SLF4J: Failed to load class "org.slf4j.impl.StaticLoggerBinder".
SLF4J: Defaulting to no-operation (NOP) logger implementation
SLF4J: See http://www.slf4j.org/codes.html#StaticLoggerBinder for further details.
Jul 25, 2023 7:21:01 PM org.bsplines.ltexls.server.LtexLanguageServer initialize
INFO: ltex-ls 16.0.1-alpha.1.nightly.2023-07-25 - initializing...
Jul 25, 2023 7:21:01 PM org.bsplines.ltexls.tools.I18n setLocale
I tried changing the Java runtime, no help. How can I use the fix for this problem?
I get the same problem while using nvim v0.9.1 and ltex-ls v16.0.0 implemented with null-ls. However, the same file gets checked correctly in vscode with vscode-ltex v13.1.0
@danielnaber I reached out to LanguageTooler GmbH. I explained to the support that the limit of 150,000 characters is a fake because this limit includes the characters in the augmented text, not the actual text being checked. Users cannot control the former. Since it is entirely unexpected for any user, it elevates to being lied to about the product when users buy it. I suggested setting the limit on the characters of the actual text. The support replied, “This is not intended to be changed,” and ghosted. They didn’t comment about lying about the product. I tried talking to a lawyer in the US, but he said that the fact that the company is in Germany makes it difficult. So, guys, if you are in Germany, you may be able to file a customer fraud case.

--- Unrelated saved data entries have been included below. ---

// The number of a mode.
fn number(mode: Mode) -> u16
    ensures { result ≡ mode_number mode }
{
    match mode {
        Mode::Exclusive => EXCLUSIVE,
        Mode::Shared => SHARED,
        Mode::WaitExclusive => 2,
        Mode::WaitShared => 3,
    }
}

// What a try answers.
pub(crate) fn tried(answer: Answer) -> Result<(), TryLockError>
    ensures { result ≡ tried answer }
{
    match answer {
        Answer::Tried(tried) => tried,
        _ => Err(TryLockError::WouldBlock),
    }
}

// What a poll answers.
fn polled(answer: Answer) -> Result<bool, Error>
    ensures { result ≡ polled_lock answer }
{
    match answer {
        Answer::Taken(taken) => taken,
        _ => Ok(false),
    }
}
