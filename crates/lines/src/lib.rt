// The transcript's lines, laid into a buffer that the caller lends. A line that does not fit leaves the
// buffer as it was.
#![tactic(auto, unfolding(crate::specs::Lines::name_of))]

ghost use Rattle.std.specs.Prelude.{◌≡◌, [], ◌++◌, ◌+◌, ◌≤◌, length, drop};
ghost use Rattle.lines.specs.Lines.{decimal_of, name_of, line_of, tally_line, lay_of, end_of};

use calls::Event;
use tally::Tally;

// The most bytes of an event's line (`line-bounds`).
pub const LINE: usize = 27;

// The most bytes of the tally's line (`tally-bounds`).
pub const TALLY_LINE: usize = 140;

// A text of at most SIZE bytes, made from its end to its start.
#[derive(Clone, Copy)]
struct Text<const SIZE: usize> {
    bytes: [u8; SIZE],
    start: usize,
}

impl<const SIZE: usize> Text<SIZE> {
    fn empty() -> Text<SIZE>
        ensures start { result.start ≡ SIZE }
        ensures bytes { drop result.start result.bytes ≡ [] }
    {
        Text {
            bytes: [0; SIZE],
            start: SIZE,
        }
    }

    // Puts other bytes before the text.
    fn put(&mut self, bytes: &[u8])
        requires { (length bytes.now ≤ self.old.start) × (self.old.start ≤ SIZE) }
        ensures start { self.new.start + length bytes.now ≡ self.old.start }
        ensures bytes { drop self.new.start self.new.bytes ≡ bytes.now ++ drop self.old.start self.old.bytes }
    {
        let end = self.start;
        self.start -= bytes.len();
        let text = &mut self.bytes[..];
        text[self.start..end].copy_from_slice(bytes);
    }

    // Puts a number before the text.
    #[tactic(auto, using(crate::proofs::Digits::as_decimal))]
    fn put_number(&mut self, n: u64)
        requires { (length (decimal_of n) ≤ self.old.start) × (self.old.start ≤ SIZE) }
        ensures start { self.new.start + length (decimal_of n) ≡ self.old.start }
        ensures bytes { drop self.new.start self.new.bytes ≡ decimal_of n ++ drop self.old.start self.old.bytes }
    {
        self.start = itoa::write_digits(n, &mut self.bytes, self.start);
    }
}

// The word for an event.
pub fn name(event: Event) -> &'static [u8]
    ensures { (result.now ≡ name_of event) × (length result.now ≤ 7) }
{
    match event {
        Event::Set => b"set",
        Event::Begun => b"begun",
        Event::Moved { .. } => b"moved",
        Event::Done { .. } => b"done",
        Event::Slept => b"slept",
        Event::Panic { .. } => b"panic",
        Event::Closure => b"closure",
        Event::Woken => b"woken",
        Event::Closed => b"closed",
        Event::Refused { .. } => b"refused",
    }
}

// The line of an event.
#[tactic(auto, using(crate::proofs::Digits::decimal_three, crate::proofs::Digits::decimal_ten, crate::proofs::Line::line_joined))]
fn event_text(number: u32, event: Event) -> Text<LINE>
    ensures { (result.start ≤ LINE) × (drop result.start result.bytes ≡ line_of number event) }
{
    let mut line = Text::empty();
    line.put(b"\n");
    line.put_number(u64::from(calls::woken(event)));
    line.put(b" ");
    line.put_number(u64::from(calls::value(event)));
    line.put(b" ");
    line.put(name(event));
    line.put(b" ");
    line.put_number(u64::from(number));
    line
}

// The line of the tally.
#[tactic(auto, using(crate::proofs::Digits::decimal_twenty, crate::proofs::TallyLine::tally_joined))]
fn tally_text(tally: Tally) -> Text<TALLY_LINE>
    ensures { (result.start ≤ TALLY_LINE) × (drop result.start result.bytes ≡ tally_line tally) }
{
    let mut line = Text::empty();
    line.put(b"\n");
    line.put_number(tally.refused);
    line.put(b" refused ");
    line.put_number(tally.panics);
    line.put(b" panics ");
    line.put_number(tally.wakes);
    line.put(b" wakes ");
    line.put_number(tally.sleeps);
    line.put(b" sleeps ");
    line.put_number(tally.grants);
    line.put(b"grants ");
    line
}

// Lays bytes at a place, where they fit, and answers the place behind them.
#[tactic(auto, using(crate::proofs::Laid::put_laid), unfolding(crate::specs::Lines::lay_of, crate::specs::Lines::end_of))]
fn lay(out: &mut [u8], at: usize, bytes: &[u8]) -> usize
    ensures value { result ≡ end_of (length out.old) at bytes.now }
    ensures out_after { out.new ≡ lay_of out.old at bytes.now }
{
    if at <= out.len() && bytes.len() <= out.len() - at {
        let end = at + bytes.len();
        out[at..end].copy_from_slice(bytes);
        return end;
    }
    at
}

// How long an event's line is.
pub fn line_length(number: u32, event: Event) -> usize
    ensures { result ≡ length (line_of number event) }
{
    LINE - event_text(number, event).start
}

// Lays an event's line at a place, and answers the place behind it.
pub fn put_line(out: &mut [u8], at: usize, number: u32, event: Event) -> usize
    ensures value { result ≡ end_of (length out.old) at (line_of number event) }
    ensures out_after { out.new ≡ lay_of out.old at (line_of number event) }
{
    let line = event_text(number, event);
    lay(out, at, &line.bytes[line.start..])
}

// Lays the tally's line at a place, and answers the place behind it.
pub fn put_tally(out: &mut [u8], at: usize, tally: Tally) -> usize
    ensures value { result ≡ end_of (length out.old) at (tally_line tally) }
    ensures out_after { out.new ≡ lay_of out.old at (tally_line tally) }
{
    let line = tally_text(tally);
    lay(out, at, &line.bytes[line.start..])
}
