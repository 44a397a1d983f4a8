// Replays the files of records that its arguments name, one after the other: a line with the file's name, then
// its lines and its tally. What it must write of the stored files was worked out by hand or is what the Rust
// itself did (oracle/README.md).
#![tactic(auto)]

use std::env::FillError;
use std::rt::{Env, Files};
use std::{fs, io, str};

// A path of so many bytes or more cannot be opened.
const PATH: usize = 4096;

// Where standard error takes no words, there is nobody to tell.
fn say(rt: &impl Eprint, words: &str) {
    let _ = rt.eprintln(words);
}

// Replays an open file, behind a line with its name.
fn replay_open<R: Print + Eprint, F: io::Read>(rt: &R, file: &mut F, name: &str) {
    match println!(rt; "{name}:") {
        Ok(()) => replay_io::replay(rt, file, &mut io::writer(rt)),
        Err(_) => say(rt, "transcripts: the name of a file cannot be written"),
    }
}

fn replay_file<R: Files + Print + Eprint>(rt: &R, name: &str) {
    match fs::open(rt, name) {
        Ok(mut file) => replay_open(rt, &mut file, name),
        Err(error) => {
            let _ = eprintln!(rt; "{name}: {error}");
        }
    }
}

// Replays the file that an argument names, and tells whether there is such an argument.
fn replay_argument<R: Env + Files + Print + Eprint>(rt: &R, place: usize) -> bool {
    let mut name = [0u8; PATH];
    match rt.arg(place, &mut name) {
        Ok(length) => match str::from_utf8(&name[..length]) {
            Ok(name) => replay_file(rt, name),
            Err(_) => say(rt, "transcripts: the name of a file: Not UTF-8"),
        },
        Err(FillError::TooLong) => say(rt, "transcripts: the name of a file: File name too long"),
        Err(FillError::NotPresent) => return false,
    }
    true
}

fn main(rt: HostRuntime) {
    for place in 1..usize::MAX {
        if !replay_argument(&rt, place) {
            break;
        }
    }
}
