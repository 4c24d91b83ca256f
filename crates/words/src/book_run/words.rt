// The words of a run of octets, one after the other.
ghost use Rattle.std.specs.Prelude.{◌≡◌, length};
ghost use Rattle.std.specs.Iterator.{YieldsFirst, item_count};
ghost use Rattle.words.specs.Books.{words_in, words_of};
ghost use Rattle.words.specs.Runs.{words_left};

use crate::word::WORD_LEN;

// Octets behind the last whole word are passed over.
#[derive(Drop)]
pub struct Words<'a> {
    rest: &'a [u8],
}

impl<'a> Words<'a> {
    pub(crate) fn of(octets: &'a [u8]) -> Words<'a>
        ensures words { words_left result ≡ words_of octets.now }
        ensures count { length (words_left result) ≡ words_in octets.now }
    {
        Words { rest: octets }
    }
}

impl<'a> Iterator for Words<'a> {
    type Item = u32;

    ghost next_gives = { YieldsFirst words_left };

    ghost remaining = { item_count words_left };

    fn next(&mut self) -> Option<u32> {
        let (word, rest) = self.rest.split_first_chunk::<WORD_LEN>()?;
        self.rest = rest;
        Some(u32::from_be_bytes(*word))
    }
}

Meanwhile, I've done the minimum I could: I have canceled my Premium subscription. The funny part is that they've sent me an email (automated) asking me to cancel my cancellation. Within the sales pitch, among other things, they mentioned that “It can also check longer texts with up to 100,000 characters.” I replied that 100,000 characters is a lie because it limits an arbitrary amount of augmentation, not the actual text. They didn't answer. Oh, well. I switched to Grammarly.